= Lucas Schan =

Lucas Schan (or Lukas Tschan, etc., active 1526–1558) was a natural history artist and wildfowler, known for his illustrations of birds for Conrad Gessner's Historia animalium, published at Zurich in 1551–58 and 1587.

Gessner acknowledges Schan in the book with the words:

 Lucas Schan pictor Argentoratensis aves plurimas ad vivum nobis expressit, & quarundam historias quoque addidit, vir picturae simul et aucupii peritus
(Lucas Schan of Argentoratum [Strasbourg] most vividly depicted birds, and in some places also added a description that captured the bird's behaviour).

Schan is the only artist named by Gessner; he painted most of the bird illustrations for his bird volume, together by Gessner's account with some descriptive text. The illustrations (not all by Schan) were so much liked that they were brought out in a volume of their own in 1560, Icones Animalium. Authors such as Ilaria Mazzoleni state without evidence that Schan made most of the illustrations of animals throughout the Historia. Springer and Kinzelbach provide a slightly different quote from Gessner praising Schan:

Lukas Schan Argentoratensis pictor diligentissimus, & idem auceps...
(Lukas Schan, a most diligent painter of Argentoratum and the same as a wildfowler...)
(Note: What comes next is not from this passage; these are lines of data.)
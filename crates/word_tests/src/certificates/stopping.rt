//! A run of one clause that is stopped, printed, read and checked.
ghost use Rattle.std.specs.Prelude.{◌≡◌, length};

use super::paused::{INPUT, LOG_TEXT, TEXT, is_it};
use super::printed::job_of;
use super::{looks_at, made, same_at, same_bytes};
use pop_instance::{Cursors, Instance};
use pop_log::{LogRefusal, Names, print_layered, read_run};
use run_cert::{Look, look, print_cert, read_cert, run_part};
use std::alloc::Global;
use std::process::Abort;
use test_instances::listed;

// The instance of the clause `1` over the row 0, 0, 1. Its event is that the variable has the
// value 0.
fn one_clause(rt: &impl Abort, alloc: Global) -> Instance {
    let tried = listed(alloc, &[&[0, 0, 1]], &[(1, &[(0, 0)])]);
    made(rt, tried, "an instance")
}

// Limits, and the expected runs: the number of records of the log, which is that of the popped
// entries; the state; and the number of events that occur. Worked by hand.
static LIMITS: [(u64, u64, Look, u64); 5] = [
    (0, 0, Look::Open, 1),
    (1, 1, Look::Open, 1),
    (2, 2, Look::Finished, 0),
    (3, 2, Look::Finished, 0),
    (u64::MAX, 2, Look::Finished, 0),
];

// Compares a run of the one variable: the number of records of its log, which is that of the
// popped entries, and its state.
fn stands(
    rt: &impl Abort,
    cursors: &Cursors,
    count: u32,
    found: (u64, Look),
    wanted: (u64, Look),
    place: u64,
)
    requires { count ≡ length cursors.now }
{
    let (pops, look) = wanted;
    same_at(rt, found.0, pops, "records", place);
    assert!(rt; 0 < count);
    let popped = cursors.get(0) as u64;
    same_at(rt, popped, pops, "popped entries", place);
    looks_at(rt, found.1, look, place);
}

// Compares a run to a limit.
fn leaves(
    rt: &impl Abort,
    alloc: Global,
    instance: &Instance,
    limit: u64,
    wanted: (u64, Look, u64),
) {
    let (pops, look, stuck) = wanted;
    let part = run_part(alloc, instance, limit).expect(rt, "memory");
    let found = (part.log.len(), part.seen.look);
    let count = instance.stacks().count();
    stands(rt, &part.cursors, count, found, (pops, look), limit);
    same_at(rt, part.seen.stuck.len(), stuck, "stuck events", limit);
}

// Stops the run of that instance at each limit.
fn leaves_each(rt: &impl Abort, alloc: Global, instance: &Instance) {
    for (limit, pops, look, stuck) in LIMITS.iter() {
        leaves(rt, alloc, instance, *limit, (*pops, *look, *stuck));
    }
}

#[test]
fn a_run_stops_at_its_limit(rt: HostRuntime) {
    let instance = one_clause(&rt, rt.alloc());
    leaves_each(&rt, rt.alloc(), &instance);
    drop(instance);
}

// The text of the log of a run for one pop.
fn pause_log(rt: &impl Abort, alloc: Global, instance: &Instance) -> Vec<u8> {
    let part = run_part(alloc, instance, 1).expect(rt, "memory");
    looks_at(rt, part.seen.look, Look::Open, 1);
    print_layered(alloc, instance, &Names::Plain, &part.log).expect(rt, "memory")
}

// The text of the certificate of that run.
fn pause(rt: &impl Abort, alloc: Global, instance: &Instance) -> Vec<u8> {
    let log_text = pause_log(rt, alloc, instance);
    let job = job_of(rt, alloc, "formula --stacks 0,0,1");
    print_cert(alloc, &job, INPUT.as_slice(), &log_text).expect(rt, "memory")
}

// Reads the text of that certificate.
fn reads(rt: &impl Abort, alloc: Global, text: &[u8]) {
    let cert = read_cert(alloc, text).expect(rt, "a certificate");
    let is_it = is_it(&cert);
    assert!(rt; is_it);
}

// Prints the certificate of the run of that instance for one pop, and reads it.
fn is_told(rt: &impl Abort, alloc: Global, instance: &Instance) {
    let text = pause(rt, alloc, instance);
    same_bytes(rt, &text, TEXT.as_slice(), "text");
    reads(rt, alloc, &text);
}

#[test]
fn a_paused_run_is_told(rt: HostRuntime) {
    let instance = one_clause(&rt, rt.alloc());
    is_told(&rt, rt.alloc(), &instance);
    drop(instance);
}

// Texts of logs, with the number of their records and the state of the run after them, worked by
// hand. Each record pops one entry of the one variable.
static TOLD: [(&str, u64, Look); 3] = [
    ("log 1 0\n", 0, Look::Open),
    (LOG_TEXT, 1, Look::Open),
    ("log 1 2\npop 1 1:0\npop 1 1:1\n", 2, Look::Finished),
];

// Reads the text of a log, and compares its run.
fn tells(rt: &impl Abort, alloc: Global, instance: &Instance, text: &[u8], wanted: (u64, Look)) {
    let run = read_run(alloc, instance, &Names::Plain, text).expect(rt, "a run");
    let seen = look(alloc, instance, &run.cursors).expect(rt, "memory");
    let count = instance.stacks().count();
    let found = (run.pops, seen.look);
    stands(rt, &run.cursors, count, found, wanted, wanted.0);
}

// Reads each of these logs.
fn tells_each(rt: &impl Abort, alloc: Global, instance: &Instance) {
    for (text, pops, look) in TOLD.iter() {
        tells(rt, alloc, instance, text.as_bytes(), (*pops, *look));
    }
}

#[test]
fn a_log_text_tells_how_a_run_stands(rt: HostRuntime) {
    let instance = one_clause(&rt, rt.alloc());
    tells_each(&rt, rt.alloc(), &instance);
    drop(instance);
}

// Reads the text of a log with a first record that is not legal.
fn is_refused(rt: &impl Abort, alloc: Global, instance: &Instance, text: &[u8]) {
    match read_run(alloc, instance, &Names::Plain, text) {
        Ok(_) => panic!(rt; "a legal log"),
        Err(refusal) => assert!(rt; matches!(refusal, LogRefusal::NotLegal(0))),
    }
}

// Reads the log of a certificate of that instance.
fn reads_refused(rt: &impl Abort, alloc: Global, instance: &Instance, text: &[u8]) {
    let cert = read_cert(alloc, text).expect(rt, "a certificate");
    is_refused(rt, alloc, instance, cert.log_text());
}

// The entry 1 is not that of the first pop.
#[test]
fn a_changed_entry_is_no_legal_log(rt: HostRuntime) {
    let mut text = TEXT;
    text[69] = b'1';
    let instance = one_clause(&rt, rt.alloc());
    reads_refused(&rt, rt.alloc(), &instance, text.as_slice());
    drop(instance);
}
Little else is known about Schan. It is recorded that Lucas Schan of Bornaia testified in Strasbourg in 1526, 1539 and 1544. The Strasbourg City book records also that on 22 November 1526 "Lux [Lucas] of Baranga called Schen, son of Jerg Schanen the sheepshearer, has paid for the right to work in the town [Burgrecht] and serves at Stelzgen".